NAME
Tie::Hash::Cache::MRU - a simple MRU cache with a TIEHASH interface
SYNOPSIS
use Tie::Hash::Cache::MRU;
# when the expensive function is in another tied hash:
tie my %cache1, HASH => \%AnotherTiedHash, SIZE => 100, CLEAR => 0;
# or use sort of like Memoize
tie my %cache2, SIZE => 100, FETCH => \&SomethingTimeConsuming;
DESCRIPTION
Create a tied hash interface that memoizes only so many entries.
Expiry is obtained by keeping two cache hashes, and throwing out the old one when the new one gets more than SIZE buckets filled. this is crude but effectively avoids all the bookkeeping that fancier expiration mechanisms need to do.
PARAMETERS
The following named parameters are recognized at tie
time:
SIZE
up to twice the SIZE of data are kept in the cache. Stored cache size will average at 1.5 * SIZE, since the old cache is thrown away all at once when we've got SIZE elements in the new cache.
LIFE
maximum number of seconds that an element can be cached, before we look it up again. This defaults to undef
which means infinite life. When LIFE is defined, additional storage is used to track the age of the cached elements.
HASH
when a HASH parameter is provided, the given hashref will be referred to for operations not specifically overridden.
FETCH, STORE, EXISTS, DELETE, FIRSTKEY, NEXTKEY, CLEAR. DESTROY
When coderefs are provided for these parameters, they will be used for look-ups and write-throughs and so on. The object parameter will not be provided, so methods taken directly from tiehash code will not work.
CLEAR can be set to something that is not a coderef to prevent a valuable cached database from getting accidentally clobbered with %CachedData = ()
Tools for facilitating Write-Back functionality
if you need more direct access to the internals of the cache, the cache object is an arrayref, and future versions of this module, if any, will not re-order the indices of its contents.
UNCACHE
An UNCACHE
method is provided by the Tie::Hash::Cache::MRU object that removes the keys given as its parameters from the cache.
tied(%cache3) -> UNCACHE(@KeysThatHaveChanged);
UPDATE
An UPDATE
method is provided that takes a hash as its argument list and replaces any of the keys that are already in the hash, with the provided key. Keys that aren't in the cache already are ignored.
tied(%cache3) -> UPDATE(%DataUpdate);
CACHE
A CACHE
method is provided that takes a hash as its argument list and stores the provided data in the cache, without writing through to the STORE function or the provided HASH.
tied(%cache3) -> CACHE(%NewData);
When %NewData
has more than SIZE keys, a cache rotation will get triggered soon, but the provided data will all be available in the cache.
Theory of Operation
instead of using a less efficient data structure or going to all kinds of contortions to make sure than the N+1st element is deleted, we simply maintain two caches, the current and old caches.
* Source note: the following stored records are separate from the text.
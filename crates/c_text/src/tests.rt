// Texts of kernels, and what becomes of them.

use crate::{KernelKind, KernelRefusal, print_unit, read_unit};
use std::alloc::{AllocError, Global};
use std::test::Fail;

const KERNEL: [&[u8]; 13] = [
    b"#include \"fr.h\"",
    b"enum { ffc_a_X = 2, ffc_a_W = 0, ffc_a_T = 2, ffc_a_A = 4 };",
    b"int ffc_a(const fr *X, const fr *W, fr *A)",
    b"{",
    b"  fr T[2];",
    b"  fr_clear(T, 2);",
    b"  fr_clear(A, 4);",
    b"  if (fr_sub(&T[0], &X[1], &X[0])) return 1;",
    b"  fr_set(&T[1], 0, 0u, 1u, 0u, 3u);",
    b"  if (fr_mul(&A[0], &T[0], &T[1])) return 1;",
    b"  if (fr_mul(&A[3], &T[0], &T[1])) return 1;",
    b"  return 0;",
    b"}",
];

const LOOPS: &[u8] = b"#include \"fr.h\"
enum { m_X = 0, m_W = 0, m_T = 4, m_A = 1 };
int m(const fr *X, const fr *W, fr *A)
{
  fr T[4];
  fr_clear(T, 4);
  fr_clear(A, 1);
  static const fr_lit K0[2] = { { 0, 0u, 1u, 0u, 3u }, { 0, 0u, 1u, 0u, 6u } };
  for (int i0 = 0; i0 < 2; i0++) {
    fr_load(&T[1+1*i0], &K0[0+1*i0]);
    for (int i1 = 0; i1 < 2; i1++) {
      fr_abs(&T[0+2*i0+1*i1], &T[3]);
    }
  }
  fr_copy(&A[0], &T[0]);
  if (fr_inv(&T[0], &T[1])) return 2;
  return 0;
}
";

// The kernel with another line, or with more behind it where the number is past the last.
fn kernel_with(alloc: Global, number: usize, line: &[u8]) -> Result<Vec<u8>, AllocError> {
    let mut text = Vec::new(alloc);
    for (at, own) in KERNEL.iter().enumerate() {
        text.extend_from_slice(if at + 1 == number { line } else { own })?;
        text.push(b'\n')?;
    }
    Ok(text)
}

const CASES: [(usize, &[u8], KernelKind, u32); 39] = [
    (
        11,
        b"  if (fr_mul(&A[4+1*i0], &T[0], &T[1])) return 1;",
        KernelKind::Slot,
        11,
    ),
    (
        11,
        b"  if (fr_mul(&A[3\n+\n1*i0], &T[0], &T[1])) return 1;",
        KernelKind::Syntax,
        12,
    ),
    (
        9,
        b"  for (int i0 = 0; i0 < 1; i0++) { fr_copy(&T[2+1*\ni0\n+1*i1], &X[0]); }",
        KernelKind::Slot,
        10,
    ),
    (
        9,
        b"  for (int i0 = 0; i0 < 1; i0++) { fr_copy(&T[1+1*\ni0\n+1*i1], &X[0]); }",
        KernelKind::Syntax,
        11,
    ),
    (
        9,
        b"  for (int i0 = 0; i0 < 1; i0++) { fr_copy(&T[2\n+1*\ni0], &X[0]); }",
        KernelKind::Slot,
        11,
    ),
    (
        11,
        b"  if (fr_mul(&A[4], &T[0], &T[1])) return 1;",
        KernelKind::Slot,
        11,
    ),
    (
        11,
        b"  if (fr_mul(&A[3+1*i0], &T[0], &T[1])) return 1;",
        KernelKind::Syntax,
        11,
    ),
    (
        11,
        b"  if (fr_mul(&X[1], &T[0], &T[1])) return 1;",
        KernelKind::Syntax,
        11,
    ),
    (
        9,
        b"  fr_set(&T[1], 0, 0u, 3u, 0u, 3u);",
        KernelKind::Bound,
        9,
    ),
    (
        9,
        b"  fr_set(&T[1], 1, 0u, 0u, 0u, 1u);",
        KernelKind::Bound,
        9,
    ),
    (
        9,
        b"  fr_set(&T[1], 0, 0u, 1u, 0u, 0u);",
        KernelKind::Bound,
        9,
    ),
    (
        9,
        b"  fr_set(&T[1], 0, 9223372036854775808u, 0u, 0u, 1u);",
        KernelKind::Bound,
        9,
    ),
    (
        9,
        b"  fr_set(&T[1], 0, 0u, 18446744073709551616u, 0u, 3u);",
        KernelKind::Syntax,
        9,
    ),
    (
        9,
        b"  fr_set(&T[1], 0, 0u, 1, 0u, 3u);",
        KernelKind::Syntax,
        9,
    ),
    (
        9,
        b"  fr_set(&T[01], 0, 0u, 1u, 0u, 3u);",
        KernelKind::Syntax,
        9,
    ),
    (9, b"  fr_set(&T[1], 0, 0u, 1u, @", KernelKind::Lex, 9),
    (9, b"  fr_load(&T[1], &K0[0]);", KernelKind::Syntax, 9),
    (
        9,
        b"  for (int i0 = 0; i0 < 0; i0++) { }",
        KernelKind::Bound,
        9,
    ),
    (
        9,
        b"  for (int i1 = 0; i1 < 2; i1++) { }",
        KernelKind::Syntax,
        9,
    ),
    (
        9,
        b"  for (int i0 = 0; i0 < 3; i0++) { fr_copy(&T[0+1*i0], &X[0]); }",
        KernelKind::Slot,
        9,
    ),
    (
        9,
        b"  for (int i0 = 0; i0 < 3; i0++) { fr_copy(&T[0+0*i0], &X[0]); }",
        KernelKind::Syntax,
        9,
    ),
    (
        9,
        b"  for (int i0 = 0; i0 < 67108863; i0++) { fr_copy(&T[0], &X[0]); }",
        KernelKind::Bound,
        13,
    ),
    (
        2,
        b"enum { ffc_a_X = 2, ffc_a_W = 0, ffc_a_T = 0, ffc_a_A = 4 };",
        KernelKind::Bound,
        2,
    ),
    (
        2,
        b"enum { ffc_a_X = 2, ffc_b_W = 0, ffc_a_T = 2, ffc_a_A = 4 };",
        KernelKind::Syntax,
        2,
    ),
    (
        2,
        b"enum { _X = 2, _W = 0, _T = 2, _A = 4 };",
        KernelKind::Syntax,
        2,
    ),
    (
        2,
        b"enum { ffc_a_X = 16777217, ffc_a_W = 0, ffc_a_T = 2, ffc_a_A = 4 };",
        KernelKind::Bound,
        2,
    ),
    (6, b"  fr_clear(T, 3);", KernelKind::Bound, 6),
    (
        7,
        b"  fr_clear(A, 4); static const fr_lit K0[2] = { { 0, 0u, 1u, 0u, 3u } };",
        KernelKind::Bound,
        7,
    ),
    (
        7,
        b"  fr_clear(A, 4); static const fr_lit K1[1] = { { 0, 0u, 1u, 0u, 3u } };",
        KernelKind::Syntax,
        7,
    ),
    (13, b"", KernelKind::Syntax, 13),
    (
        9,
        b"  for (int i0 = 0; i1 < 2; i0++) { }",
        KernelKind::Syntax,
        9,
    ),
    (
        9,
        b"  for (int i0 = 0; i0 < 2; i0++) { for (int i1 = 0; i1 < 2; i1++) { fr_copy(&T[0+1*i1+1*i0], &X[0]); } }",
        KernelKind::Syntax,
        9,
    ),
    (
        9,
        b"  for (int i0 = 0; i0 < 1; i0++) { for (int i1 = 0; i1 < 1; i1++) { for (int i2 = 0; i2 < 1; i2++) { for (int i3 = 0; i3 < 1; i3++) { for (int i4 = 0; i4 < 1; i4++) { } } } } }",
        KernelKind::Syntax,
        9,
    ),
    (
        7,
        b"  fr_clear(A, 4); static const fr_lit K0[0] = { };",
        KernelKind::Bound,
        7,
    ),
    (
        7,
        b"  fr_clear(A, 4); static const fr_lit K0[1] = { { 0, 0u, 2u, 0u, 4u } };",
        KernelKind::Bound,
        7,
    ),
    (
        7,
        b"  fr_clear(A, 4); static const fr_lit K0[1] = { { 0, 0u, 1u, 0u, 3u } }; fr_load(&T[0], &K0[1]);",
        KernelKind::Slot,
        7,
    ),
    (
        7,
        b"  fr_clear(A, 4); static const fr_lit K0[1] = { { 0, 0u, 1u, 0u, 3u } }; fr_load(&A[0], &K0[0]);",
        KernelKind::Syntax,
        7,
    ),
    (
        13,
        b"} enum { ffc_a_X = 2, ffc_a_W = 0, ffc_a_T = 2, ffc_a_A = 4 };",
        KernelKind::Bound,
        13,
    ),
    (1, b"#include <fr.h>", KernelKind::Syntax, 1),
];

#[test]
fn each_rule_broken_once(rt: HostRuntime) -> Result<(), Fail> {
    for (number, line, kind, fault) in CASES {
        let text = kernel_with(rt.alloc(), number, line)?;
        match read_unit(rt.alloc(), text.as_slice()) {
            Ok(_) => assert!(rt; false, "taken: {}", number),
            Err(refusal) => assert_eq!(rt; refusal, KernelRefusal { kind, line: fault }),
        }
    }
    assert!(rt; read_unit(rt.alloc(), b"").is_err());
    Ok(())
}

#[test]
fn texts_are_printed_back(rt: HostRuntime) -> Result<(), Fail> {
    let kernel = kernel_with(rt.alloc(), 0, b"")?;
    for text in [kernel.as_slice(), LOOPS] {
        match read_unit(rt.alloc(), text) {
            Err(refusal) => assert_eq!(rt;
                refusal,
                KernelRefusal {
                    kind: KernelKind::Memory,
                    line: 9999
                }
            ),
            Ok(read) => {
                let mut printed = Vec::new(rt.alloc());
                print_unit(&read.unit, &mut printed)?;
                assert_eq!(rt; printed.as_slice(), text);
            }
        }
    }
    Ok(())
}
When an element is not in the current, we look in the old before fetching from the source. When there are more than SIZE keys in current, we rename current to old (throwing away the old old in the process) and start with an empty current.
This gives us memory usage that varies between SIZE and 2*SIZE cached elements, and real simple bookkeeping.
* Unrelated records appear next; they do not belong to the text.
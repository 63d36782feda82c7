//! Kernels as C text: the text of a unit, and the unit of a text.
//!
//! `print_unit` writes the canonical text, `read_unit` reads any text of the language. The grammar and the canonical text are
//! definitions of `specs/`, and `docs/KERNEL_TEXT.md` describes both.
#![tactic(auto)]

mod fraction;
pub mod laws;
mod number;
mod parser;
mod place;
mod print;
mod read;
mod refusal;
mod statement;
#[cfg(test)]
mod tests;

pub use c_unit::{Array, CFun, CStmt, CUnit, Op, Place, Slot};
pub use print::print_unit;
pub use read::{ReadUnit, read_unit};
pub use refusal::{KernelKind, KernelRefusal};
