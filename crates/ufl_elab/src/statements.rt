//! Statements, one after the other.

ghost use Rattle.std.specs.Prelude.{◌≡◌, true, length, OnOk};
ghost use Rattle.ufl_values.specs.declared.value.Value.{Value as AnyValue};
ghost use Rattle.ufl_values.specs.Refused.{placed};
ghost use Rattle.ufl_values.specs.Operators.{binary_of};
ghost use Rattle.ufl_calls.specs.declared.made.Made.{Made as AllMade};
ghost use Rattle.ufl_calls.specs.Made.{unmade};
ghost use Rattle.ufl_calls.specs.Calls.{Finds, Refusable, at_word};
ghost use Rattle.ufl_elab.specs.Evaluation.{step};
ghost use Rattle.ufl_elab.specs.Statements.{updated, assigned, counted, counted_items, bind_each, bound, named, bound_after, statement, statements};
ghost use Rattle.ufl_elab.specs.Programs.{program, Gives};
ghost use Rattle.ufl_elab.specs.Answers.{file_in, names_in, place_in, state_in, Leaves};

use crate::evaluation::value;
use crate::exports::exported;
use crate::names::Names;
use crate::program::UflProgram;
use crate::shared::Shared;
use sqlite_items::Items;
use std::alloc::{AllocError, Global};
use ufl_calls::Made;
use ufl_read::FormRefusal;
use ufl_syntax::{AssignOp, Span, Stmt, Syn};
use ufl_values::{Reason, Sign, Value, binary, placed, refused, turned};

/// The old value with the change added or subtracted, in a statement with this target.
fn changed(
    alloc: Global,
    line: u32,
    sign: Sign,
    target: Span,
    old: Shared,
    change: Result<Shared, FormRefusal>,
) -> Result<Shared, FormRefusal>
    ensures { (want : Refusable AnyValue) (m : AllMade) → Finds change m want
        → Finds result m (step want (λ b n. at_word line target (unmade (binary_of sign old b) n))) }
{
    let change = change?.into_value(alloc)?;
    let old = old.into_value(alloc)?;
    let new = placed(binary(alloc, sign, old, change), line, target)?;
    Ok(Shared::new(alloc, new)?)
}

/// The value of a target that is changed, and its change. The old value comes first.
fn updated(
    alloc: Global,
    line: u32,
    names: &Names<'_>,
    made: &mut Made,
    sign: Sign,
    target: Span,
    written: &Syn,
) -> Result<Shared, FormRefusal>
    ensures { Finds result made.new (updated (place_in names.now line) sign target written.now made.old) }
{
    let old = match names.value(alloc, names.text(target)) {
        Ok(old) => old,
        Err(reason) => return Err(refused(reason, line, target)),
    };
    let change = value(alloc, line, names, made, written);
    changed(alloc, line, sign, target, old, change)
}

/// The value that a statement assigns.
fn assigned(
    alloc: Global,
    line: u32,
    names: &Names<'_>,
    made: &mut Made,
    op: AssignOp,
    target: Span,
    written: &Syn,
) -> Result<Shared, FormRefusal>
    ensures { Finds result made.new (assigned (place_in names.now line) op target written.now made.old) }
{
    match op {
        AssignOp::Plus => updated(alloc, line, names, made, Sign::Plus, target, written),
        AssignOp::Minus => updated(alloc, line, names, made, Sign::Minus, target, written),
        AssignOp::Set => value(alloc, line, names, made, written),
        AssignOp::ImportAll => value(alloc, line, names, made, written),
    }
}

/// The items of a tuple or a list of so many, else `Kind`.
fn counted_items(value: Value, count: usize) -> Result<Items<Value>, Reason>
    ensures { result ≡ counted_items count value }
{
    match value {
        Value::Tuple(items) => counted(items, count),
        Value::List(items) => counted(items, count),
        _ => Err(Reason::Kind),
    }
}

/// The items, where there are so many.
fn counted(items: Items<Value>, count: usize) -> Result<Items<Value>, Reason>
    ensures { result ≡ counted count items }
{
    if items.len() == count {
        Ok(items)
    } else {
        Err(Reason::Kind)
    }
}

/// Binds each target to its item, in order.
fn bind_each(
    alloc: Global,
    line: u32,
    names: &mut Names<'_>,
    targets: &[Span],
    items: Items<Value>,
) -> Result<(), AllocError>
    requires { length items ≡ length targets.now }
    ensures file { file_in names.new ≡ file_in names.old }
    ensures names { OnOk result (names_in names.new
        ≡ bind_each (file_in names.old) line targets.now items (names_in names.old)) }
{
    let mut rest = turned(alloc, items)?;
    for target in targets {
        if let Some(item) = rest.pop() {
            names.assign(*target, line, Shared::new(alloc, item)?)?;
        }
    }
    Ok(())
}

/// Binds the targets of a statement with a comma among them to the items of its value.
fn unpack(
    alloc: Global,
    line: u32,
    names: &mut Names<'_>,
    first: Span,
    targets: &[Span],
    value: Shared,
) -> Result<(), FormRefusal>
    ensures file { file_in names.new ≡ file_in names.old }
    ensures names { Leaves result (names_in names.new)
        (placed (bound (file_in names.old) true line first targets.now value (names_in names.old)) line first) }
{
    match counted_items(value.into_value(alloc)?, targets.len()) {
        Ok(items) => Ok(bind_each(alloc, line, names, targets, items)?),
        Err(reason) => Err(refused(reason, line, first)),
    }
}

/// Binds the targets of a statement to its value.
fn bind(
    alloc: Global,
    names: &mut Names<'_>,
    st: &Stmt,
    first: Span,
    value: Shared,
) -> Result<(), FormRefusal>
    ensures file { file_in names.new ≡ file_in names.old }
    ensures names { Leaves result (names_in names.new)
        (placed (bound (file_in names.old) st.now.unpack st.now.line first st.now.targets value (names_in names.old))
        st.now.line first) }
{
    if st.unpack {
        return unpack(alloc, st.line, names, first, st.targets.as_slice(), value);
    }
    Ok(names.assign(first, st.line, value)?)
}

/// Binds the targets of a statement to its value, if all names have no more nodes then than they may.
fn name(
    alloc: Global,
    names: &mut Names<'_>,
    st: &Stmt,
    first: Span,
    value: Shared,
) -> Result<(), FormRefusal>
    ensures file { file_in names.new ≡ file_in names.old }
    ensures names { Leaves result (names_in names.new)
        (named (file_in names.old) st.now first value (names_in names.old)) }
{
    bind(alloc, names, st, first, value)?;
    if names.is_full() {
        return Err(refused(Reason::Nodes, st.line, first));
    }
    Ok(())
}

/// A statement with a target and a value.
fn assignment(
    alloc: Global,
    names: &mut Names<'_>,
    made: &mut Made,
    st: &Stmt,
    first: Span,
    written: &Syn,
) -> Result<(), FormRefusal>
    ensures file { file_in names.new ≡ file_in names.old }
    ensures state { Leaves result (state_in names.new made.new) (bound_after (file_in names.old) st.now first
        (assigned (place_in names.old st.now.line) st.now.op first written.now made.old) (names_in names.old)) }
{
    let value = assigned(alloc, st.line, names, made, st.op, first, written)?;
    name(alloc, names, st, first, value)
}

/// One statement. An import does nothing.
#[tactic(auto, unfolding(crate::specs::Statements::statement))]
fn statement(
    alloc: Global,
    names: &mut Names<'_>,
    made: &mut Made,
    st: &Stmt,
) -> Result<(), FormRefusal>
    ensures file { file_in names.new ≡ file_in names.old }
    ensures state { Leaves result (state_in names.new made.new)
        (statement (file_in names.old) st.now (state_in names.old made.old)) }
{
    match (&st.value, st.targets.as_slice()) {
        (Some(written), [first, ..]) => assignment(alloc, names, made, st, *first, written),
        _ => Ok(()),
    }
}

/// The statements of a file, in order.
fn statements(
    alloc: Global,
    names: &mut Names<'_>,
    made: &mut Made,
    sts: &[Stmt],
) -> Result<(), FormRefusal>
    ensures file { file_in names.new ≡ file_in names.old }
    ensures state { Leaves result (state_in names.new made.new)
        (statements (file_in names.old) sts.now (state_in names.old made.old)) }
{
    for st in sts {
        statement(alloc, names, made, st)?;
    }
    Ok(())
}

/// The program of the file whose statements these are: the forms that it exports, or the first refusal, with the line
/// on which its statement begins and the refused word.
#[tactic(auto, unfolding(crate::specs::Programs::program))]
pub fn elaborate(alloc: Global, file: &[u8], sts: &[Stmt]) -> Result<UflProgram, FormRefusal>
    ensures { Gives result (program file.now sts.now) }
{
    let mut names = Names::new(alloc, file);
    let mut made = Made::new(alloc);
    statements(alloc, &mut names, &mut made, sts)?;
    let forms = exported(alloc, names, sts)?;
    let Made {
        elements,
        coefficients,
        ..
    } = made;
    Ok(UflProgram {
        elements,
        coefficients,
        forms,
    })
}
When LIFE has been defined, we delete entries from the LIFE hash when entries exist in old but not in current, before rotating the caches.
Iterating over the cached data
using each
to iterate over a cached database goes directly to the data, without affecting the contents of the cache.
HISTORY
SEE ALSO
AUTHOR
david l nicol, <davidnico@cpan.org>
COPYRIGHT AND LICENSE
Copyright (C) 2004 by david l nicol
This library is free software; you can redistribute it and/or modify it under the GPL or the AL.